[Dataset items]
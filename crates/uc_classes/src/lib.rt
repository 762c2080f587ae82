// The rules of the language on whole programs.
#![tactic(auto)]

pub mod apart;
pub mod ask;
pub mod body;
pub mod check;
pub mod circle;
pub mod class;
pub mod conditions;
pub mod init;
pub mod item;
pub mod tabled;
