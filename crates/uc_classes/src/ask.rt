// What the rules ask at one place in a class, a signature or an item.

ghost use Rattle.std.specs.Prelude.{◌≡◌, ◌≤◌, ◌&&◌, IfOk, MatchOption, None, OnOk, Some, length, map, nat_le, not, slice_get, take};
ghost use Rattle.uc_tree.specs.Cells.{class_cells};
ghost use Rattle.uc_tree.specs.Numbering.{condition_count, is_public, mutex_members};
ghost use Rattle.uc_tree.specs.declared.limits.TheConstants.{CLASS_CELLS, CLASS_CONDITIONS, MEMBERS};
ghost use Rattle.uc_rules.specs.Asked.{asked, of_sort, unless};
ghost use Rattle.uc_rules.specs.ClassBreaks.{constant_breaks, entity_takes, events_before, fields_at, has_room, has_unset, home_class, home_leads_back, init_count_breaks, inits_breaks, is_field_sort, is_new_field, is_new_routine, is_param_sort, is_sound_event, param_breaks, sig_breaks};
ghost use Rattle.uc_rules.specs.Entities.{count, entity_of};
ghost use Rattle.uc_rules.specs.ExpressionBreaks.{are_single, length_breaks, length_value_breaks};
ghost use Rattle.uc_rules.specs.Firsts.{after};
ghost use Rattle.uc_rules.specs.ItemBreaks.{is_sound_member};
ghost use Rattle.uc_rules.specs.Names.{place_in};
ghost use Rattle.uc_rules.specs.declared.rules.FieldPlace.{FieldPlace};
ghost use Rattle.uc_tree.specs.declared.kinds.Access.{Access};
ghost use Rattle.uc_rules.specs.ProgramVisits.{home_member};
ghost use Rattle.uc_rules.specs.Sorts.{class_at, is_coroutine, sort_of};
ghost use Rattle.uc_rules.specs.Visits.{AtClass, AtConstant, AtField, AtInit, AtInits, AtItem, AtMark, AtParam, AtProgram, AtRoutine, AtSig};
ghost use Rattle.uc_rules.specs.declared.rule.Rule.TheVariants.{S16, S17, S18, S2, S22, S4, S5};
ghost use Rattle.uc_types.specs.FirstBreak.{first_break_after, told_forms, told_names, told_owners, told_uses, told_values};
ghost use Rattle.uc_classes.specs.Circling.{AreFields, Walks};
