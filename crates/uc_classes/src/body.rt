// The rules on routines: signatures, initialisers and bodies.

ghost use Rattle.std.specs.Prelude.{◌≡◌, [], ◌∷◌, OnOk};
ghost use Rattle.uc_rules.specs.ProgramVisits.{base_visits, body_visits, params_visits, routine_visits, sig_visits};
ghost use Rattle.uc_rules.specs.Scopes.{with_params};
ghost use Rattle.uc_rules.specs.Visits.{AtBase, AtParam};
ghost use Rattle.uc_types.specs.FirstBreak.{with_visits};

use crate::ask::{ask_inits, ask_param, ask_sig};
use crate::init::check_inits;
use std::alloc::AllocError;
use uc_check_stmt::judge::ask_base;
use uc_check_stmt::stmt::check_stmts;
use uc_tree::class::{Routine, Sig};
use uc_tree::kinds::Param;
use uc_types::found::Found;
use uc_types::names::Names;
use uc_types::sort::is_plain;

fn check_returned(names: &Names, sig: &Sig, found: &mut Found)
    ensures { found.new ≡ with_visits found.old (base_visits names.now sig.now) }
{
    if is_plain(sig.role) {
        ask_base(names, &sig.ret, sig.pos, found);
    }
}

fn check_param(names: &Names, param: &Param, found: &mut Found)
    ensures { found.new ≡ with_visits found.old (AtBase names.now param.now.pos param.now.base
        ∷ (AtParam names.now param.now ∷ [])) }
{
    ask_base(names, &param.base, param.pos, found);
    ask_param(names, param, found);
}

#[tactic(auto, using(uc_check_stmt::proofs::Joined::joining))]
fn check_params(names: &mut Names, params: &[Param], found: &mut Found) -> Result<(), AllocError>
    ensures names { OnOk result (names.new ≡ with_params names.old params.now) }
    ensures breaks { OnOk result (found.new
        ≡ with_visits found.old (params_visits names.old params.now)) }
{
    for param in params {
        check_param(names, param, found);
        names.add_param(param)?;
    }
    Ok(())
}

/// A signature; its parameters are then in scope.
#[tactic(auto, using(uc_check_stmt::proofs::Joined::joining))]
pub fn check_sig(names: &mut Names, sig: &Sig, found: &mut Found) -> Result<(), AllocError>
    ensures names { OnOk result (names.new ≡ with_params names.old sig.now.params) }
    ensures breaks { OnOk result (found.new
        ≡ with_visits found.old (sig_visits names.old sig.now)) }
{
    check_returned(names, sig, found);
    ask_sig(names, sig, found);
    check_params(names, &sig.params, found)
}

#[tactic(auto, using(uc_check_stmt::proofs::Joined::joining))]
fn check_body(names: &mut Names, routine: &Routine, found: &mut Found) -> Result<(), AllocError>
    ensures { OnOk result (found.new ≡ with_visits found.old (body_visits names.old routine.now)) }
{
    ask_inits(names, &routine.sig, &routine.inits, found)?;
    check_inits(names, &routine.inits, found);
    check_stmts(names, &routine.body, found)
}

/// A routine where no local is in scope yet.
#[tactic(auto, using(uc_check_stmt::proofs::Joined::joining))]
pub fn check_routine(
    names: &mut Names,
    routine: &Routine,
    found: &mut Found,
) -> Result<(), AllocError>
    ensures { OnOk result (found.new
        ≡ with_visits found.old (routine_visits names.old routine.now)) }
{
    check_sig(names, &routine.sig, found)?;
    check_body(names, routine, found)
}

(About this exercise)
When a line among the entries contains "AllocError", pull that line out.

(Answer box)
use std::alloc::AllocError;
fn check_params(names: &mut Names, params: &[Param], found: &mut Found) -> Result<(), AllocError>
pub fn check_sig(names: &mut Names, sig: &Sig, found: &mut Found) -> Result<(), AllocError>
fn check_body(names: &mut Names, routine: &Routine, found: &mut Found) -> Result<(), AllocError>
) -> Result<(), AllocError>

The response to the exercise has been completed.